::: Task input :::
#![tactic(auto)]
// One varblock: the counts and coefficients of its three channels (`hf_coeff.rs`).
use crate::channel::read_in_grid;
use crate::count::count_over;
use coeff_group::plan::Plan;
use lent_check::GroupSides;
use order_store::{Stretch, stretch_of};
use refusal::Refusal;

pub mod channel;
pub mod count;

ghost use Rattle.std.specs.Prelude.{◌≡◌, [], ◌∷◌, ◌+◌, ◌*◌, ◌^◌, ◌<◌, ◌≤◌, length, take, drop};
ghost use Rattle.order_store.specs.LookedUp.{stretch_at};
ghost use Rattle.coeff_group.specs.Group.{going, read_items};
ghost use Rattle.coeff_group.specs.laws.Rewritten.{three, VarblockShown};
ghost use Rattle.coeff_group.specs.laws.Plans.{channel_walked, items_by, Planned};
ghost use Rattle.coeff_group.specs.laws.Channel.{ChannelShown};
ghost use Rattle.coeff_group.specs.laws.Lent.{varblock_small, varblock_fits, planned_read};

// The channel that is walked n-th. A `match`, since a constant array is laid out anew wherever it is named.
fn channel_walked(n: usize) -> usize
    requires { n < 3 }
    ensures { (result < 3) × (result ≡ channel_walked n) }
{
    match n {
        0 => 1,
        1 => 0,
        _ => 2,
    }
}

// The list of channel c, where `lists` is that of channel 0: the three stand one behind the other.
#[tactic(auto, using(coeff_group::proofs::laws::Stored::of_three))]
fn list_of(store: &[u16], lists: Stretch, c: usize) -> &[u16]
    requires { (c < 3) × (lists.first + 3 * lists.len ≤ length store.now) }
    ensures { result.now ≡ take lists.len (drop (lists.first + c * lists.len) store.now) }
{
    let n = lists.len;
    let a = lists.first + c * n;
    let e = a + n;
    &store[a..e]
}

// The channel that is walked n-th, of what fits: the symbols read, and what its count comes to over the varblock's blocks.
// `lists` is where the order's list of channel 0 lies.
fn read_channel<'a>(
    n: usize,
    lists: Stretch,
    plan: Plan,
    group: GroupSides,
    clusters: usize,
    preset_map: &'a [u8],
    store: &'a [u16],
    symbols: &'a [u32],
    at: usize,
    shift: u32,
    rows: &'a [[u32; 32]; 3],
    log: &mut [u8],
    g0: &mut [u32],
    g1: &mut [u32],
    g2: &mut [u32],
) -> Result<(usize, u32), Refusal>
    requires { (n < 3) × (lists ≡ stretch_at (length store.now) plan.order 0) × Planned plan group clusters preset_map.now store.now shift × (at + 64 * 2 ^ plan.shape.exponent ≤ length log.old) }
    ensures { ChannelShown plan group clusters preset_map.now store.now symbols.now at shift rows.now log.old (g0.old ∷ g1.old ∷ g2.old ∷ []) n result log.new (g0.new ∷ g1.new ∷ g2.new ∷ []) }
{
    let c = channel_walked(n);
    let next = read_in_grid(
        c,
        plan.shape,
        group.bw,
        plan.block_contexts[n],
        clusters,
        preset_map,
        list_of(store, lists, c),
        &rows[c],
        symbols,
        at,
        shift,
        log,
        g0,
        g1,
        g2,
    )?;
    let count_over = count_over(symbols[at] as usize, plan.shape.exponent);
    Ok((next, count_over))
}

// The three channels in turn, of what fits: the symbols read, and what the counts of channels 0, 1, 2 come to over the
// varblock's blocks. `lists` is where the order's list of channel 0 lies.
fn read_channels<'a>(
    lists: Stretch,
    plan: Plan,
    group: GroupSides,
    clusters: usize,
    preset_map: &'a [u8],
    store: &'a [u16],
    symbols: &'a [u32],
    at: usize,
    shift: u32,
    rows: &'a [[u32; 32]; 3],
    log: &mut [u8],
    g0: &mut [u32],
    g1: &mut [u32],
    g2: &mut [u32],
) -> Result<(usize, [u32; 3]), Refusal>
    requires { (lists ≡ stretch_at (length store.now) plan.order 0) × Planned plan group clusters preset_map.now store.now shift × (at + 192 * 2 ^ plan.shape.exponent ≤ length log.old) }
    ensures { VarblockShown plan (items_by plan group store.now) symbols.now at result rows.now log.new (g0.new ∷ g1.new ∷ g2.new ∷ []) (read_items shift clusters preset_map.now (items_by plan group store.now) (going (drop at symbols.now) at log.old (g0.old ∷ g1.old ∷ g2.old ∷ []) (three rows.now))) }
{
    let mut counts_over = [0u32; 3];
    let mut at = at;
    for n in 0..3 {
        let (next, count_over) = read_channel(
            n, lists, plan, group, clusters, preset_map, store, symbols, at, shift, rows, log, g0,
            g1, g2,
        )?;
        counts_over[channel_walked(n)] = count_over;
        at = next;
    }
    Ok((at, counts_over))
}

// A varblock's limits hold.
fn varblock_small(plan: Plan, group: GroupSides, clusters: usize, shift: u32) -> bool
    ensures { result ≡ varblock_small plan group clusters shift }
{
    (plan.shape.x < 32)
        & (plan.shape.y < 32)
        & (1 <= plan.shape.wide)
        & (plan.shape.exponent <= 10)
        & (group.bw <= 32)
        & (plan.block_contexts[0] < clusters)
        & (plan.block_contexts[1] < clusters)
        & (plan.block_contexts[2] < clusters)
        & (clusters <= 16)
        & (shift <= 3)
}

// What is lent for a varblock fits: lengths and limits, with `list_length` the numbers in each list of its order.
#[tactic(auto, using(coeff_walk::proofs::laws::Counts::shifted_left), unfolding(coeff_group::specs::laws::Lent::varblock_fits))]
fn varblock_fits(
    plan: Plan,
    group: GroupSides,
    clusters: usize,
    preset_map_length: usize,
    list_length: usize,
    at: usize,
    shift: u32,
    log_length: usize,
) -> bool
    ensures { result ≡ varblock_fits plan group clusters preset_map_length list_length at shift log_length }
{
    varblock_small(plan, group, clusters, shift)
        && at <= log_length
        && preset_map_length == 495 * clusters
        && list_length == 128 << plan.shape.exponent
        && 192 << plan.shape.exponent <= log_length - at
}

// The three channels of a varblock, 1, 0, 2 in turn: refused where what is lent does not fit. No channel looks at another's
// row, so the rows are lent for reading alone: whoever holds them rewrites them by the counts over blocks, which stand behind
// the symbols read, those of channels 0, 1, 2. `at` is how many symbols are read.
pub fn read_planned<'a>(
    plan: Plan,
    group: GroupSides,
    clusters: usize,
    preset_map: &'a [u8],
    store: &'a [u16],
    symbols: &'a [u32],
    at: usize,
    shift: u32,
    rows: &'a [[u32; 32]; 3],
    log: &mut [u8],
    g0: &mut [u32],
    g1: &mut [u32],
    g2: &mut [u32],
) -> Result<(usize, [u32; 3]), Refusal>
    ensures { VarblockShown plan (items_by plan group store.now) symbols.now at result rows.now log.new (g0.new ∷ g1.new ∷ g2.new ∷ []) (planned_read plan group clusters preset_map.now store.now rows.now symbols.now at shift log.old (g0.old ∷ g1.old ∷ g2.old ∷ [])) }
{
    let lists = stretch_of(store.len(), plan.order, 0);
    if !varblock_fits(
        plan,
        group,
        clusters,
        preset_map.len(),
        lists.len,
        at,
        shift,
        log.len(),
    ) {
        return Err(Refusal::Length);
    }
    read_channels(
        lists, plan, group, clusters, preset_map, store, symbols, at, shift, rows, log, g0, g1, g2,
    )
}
:::
## [About this task]
Please write out the data again exactly as it stands.

## [Answer space]
#![tactic(auto)]
// One varblock: the counts and coefficients of its three channels (`hf_coeff.rs`).
use crate::channel::read_in_grid;
use crate::count::count_over;
use coeff_group::plan::Plan;
use lent_check::GroupSides;
use order_store::{Stretch, stretch_of};
use refusal::Refusal;

pub mod channel;
pub mod count;

ghost use Rattle.std.specs.Prelude.{◌≡◌, [], ◌∷◌, ◌+◌, ◌*◌, ◌^◌, ◌<◌, ◌≤◌, length, take, drop};
ghost use Rattle.order_store.specs.LookedUp.{stretch_at};
ghost use Rattle.coeff_group.specs.Group.{going, read_items};
ghost use Rattle.coeff_group.specs.laws.Rewritten.{three, VarblockShown};
ghost use Rattle.coeff_group.specs.laws.Plans.{channel_walked, items_by, Planned};
ghost use Rattle.coeff_group.specs.laws.Channel.{ChannelShown};
ghost use Rattle.coeff_group.specs.laws.Lent.{varblock_small, varblock_fits, planned_read};

// The channel that is walked n-th. A `match`, since a constant array is laid out anew wherever it is named.
fn channel_walked(n: usize) -> usize
    requires { n < 3 }
    ensures { (result < 3) × (result ≡ channel_walked n) }
{
    match n {
        0 => 1,
        1 => 0,
        _ => 2,
    }
}

// The list of channel c, where `lists` is that of channel 0: the three stand one behind the other.
#[tactic(auto, using(coeff_group::proofs::laws::Stored::of_three))]
fn list_of(store: &[u16], lists: Stretch, c: usize) -> &[u16]
    requires { (c < 3) × (lists.first + 3 * lists.len ≤ length store.now) }
    ensures { result.now ≡ take lists.len (drop (lists.first + c * lists.len) store.now) }
{
    let n = lists.len;
    let a = lists.first + c * n;
    let e = a + n;
    &store[a..e]
}

// The channel that is walked n-th, of what fits: the symbols read, and what its count comes to over the varblock's blocks.
// `lists` is where the order's list of channel 0 lies.
fn read_channel<'a>(
    n: usize,
    lists: Stretch,
    plan: Plan,
    group: GroupSides,
    clusters: usize,
    preset_map: &'a [u8],
    store: &'a [u16],
    symbols: &'a [u32],
    at: usize,
    shift: u32,
    rows: &'a [[u32; 32]; 3],
    log: &mut [u8],
    g0: &mut [u32],
    g1: &mut [u32],
    g2: &mut [u32],
) -> Result<(usize, u32), Refusal>
    requires { (n < 3) × (lists ≡ stretch_at (length store.now) plan.order 0) × Planned plan group clusters preset_map.now store.now shift × (at + 64 * 2 ^ plan.shape.exponent ≤ length log.old) }
    ensures { ChannelShown plan group clusters preset_map.now store.now symbols.now at shift rows.now log.old (g0.old ∷ g1.old ∷ g2.old ∷ []) n result log.new (g0.new ∷ g1.new ∷ g2.new ∷ []) }
{
    let c = channel_walked(n);
    let next = read_in_grid(
        c,
        plan.shape,
        group.bw,
        plan.block_contexts[n],
        clusters,
        preset_map,
        list_of(store, lists, c),
        &rows[c],
        symbols,
        at,
        shift,
        log,
        g0,
        g1,
        g2,
    )?;
    let count_over = count_over(symbols[at] as usize, plan.shape.exponent);
    Ok((next, count_over))
}

// The three channels in turn, of what fits: the symbols read, and what the counts of channels 0, 1, 2 come to over the
// varblock's blocks. `lists` is where the order's list of channel 0 lies.
fn read_channels<'a>(
    lists: Stretch,
    plan: Plan,
    group: GroupSides,
    clusters: usize,
    preset_map: &'a [u8],
    store: &'a [u16],
    symbols: &'a [u32],
    at: usize,
    shift: u32,
    rows: &'a [[u32; 32]; 3],
    log: &mut [u8],
    g0: &mut [u32],
    g1: &mut [u32],
    g2: &mut [u32],
) -> Result<(usize, [u32; 3]), Refusal>
    requires { (lists ≡ stretch_at (length store.now) plan.order 0) × Planned plan group clusters preset_map.now store.now shift × (at + 192 * 2 ^ plan.shape.exponent ≤ length log.old) }
    ensures { VarblockShown plan (items_by plan group store.now) symbols.now at result rows.now log.new (g0.new ∷ g1.new ∷ g2.new ∷ []) (read_items shift clusters preset_map.now (items_by plan group store.now) (going (drop at symbols.now) at log.old (g0.old ∷ g1.old ∷ g2.old ∷ []) (three rows.now))) }
{
    let mut counts_over = [0u32; 3];
    let mut at = at;
    for n in 0..3 {
        let (next, count_over) = read_channel(
            n, lists, plan, group, clusters, preset_map, store, symbols, at, shift, rows, log, g0,
            g1, g2,
        )?;
        counts_over[channel_walked(n)] = count_over;
        at = next;
    }
    Ok((at, counts_over))
}

// A varblock's limits hold.
fn varblock_small(plan: Plan, group: GroupSides, clusters: usize, shift: u32) -> bool
    ensures { result ≡ varblock_small plan group clusters shift }
{
    (plan.shape.x < 32)
        & (plan.shape.y < 32)
        & (1 <= plan.shape.wide)
        & (plan.shape.exponent <= 10)
        & (group.bw <= 32)
        & (plan.block_contexts[0] < clusters)
        & (plan.block_contexts[1] < clusters)
        & (plan.block_contexts[2] < clusters)
        & (clusters <= 16)
        & (shift <= 3)
}

// What is lent for a varblock fits: lengths and limits, with `list_length` the numbers in each list of its order.
#[tactic(auto, using(coeff_walk::proofs::laws::Counts::shifted_left), unfolding(coeff_group::specs::laws::Lent::varblock_fits))]
fn varblock_fits(
    plan: Plan,
    group: GroupSides,
    clusters: usize,
    preset_map_length: usize,
    list_length: usize,
    at: usize,
    shift: u32,
    log_length: usize,
) -> bool
    ensures { result ≡ varblock_fits plan group clusters preset_map_length list_length at shift log_length }
{
    varblock_small(plan, group, clusters, shift)
        && at <= log_length
        && preset_map_length == 495 * clusters
        && list_length == 128 << plan.shape.exponent
        && 192 << plan.shape.exponent <= log_length - at
}

// The three channels of a varblock, 1, 0, 2 in turn: refused where what is lent does not fit. No channel looks at another's
// row, so the rows are lent for reading alone: whoever holds them rewrites them by the counts over blocks, which stand behind
// the symbols read, those of channels 0, 1, 2. `at` is how many symbols are read.
pub fn read_planned<'a>(
    plan: Plan,
    group: GroupSides,
    clusters: usize,
    preset_map: &'a [u8],
    store: &'a [u16],
    symbols: &'a [u32],
    at: usize,
    shift: u32,
    rows: &'a [[u32; 32]; 3],
    log: &mut [u8],
    g0: &mut [u32],
    g1: &mut [u32],
    g2: &mut [u32],
) -> Result<(usize, [u32; 3]), Refusal>
    ensures { VarblockShown plan (items_by plan group store.now) symbols.now at result rows.now log.new (g0.new ∷ g1.new ∷ g2.new ∷ []) (planned_read plan group clusters preset_map.now store.now rows.now symbols.now at shift log.old (g0.old ∷ g1.old ∷ g2.old ∷ [])) }
{
    let lists = stretch_of(store.len(), plan.order, 0);
    if !varblock_fits(
        plan,
        group,
        clusters,
        preset_map.len(),
        lists.len,
        at,
        shift,
        log.len(),
    ) {
        return Err(Refusal::Length);
    }
    read_channels(
        lists, plan, group, clusters, preset_map, store, symbols, at, shift, rows, log, g0, g1, g2,
    )
}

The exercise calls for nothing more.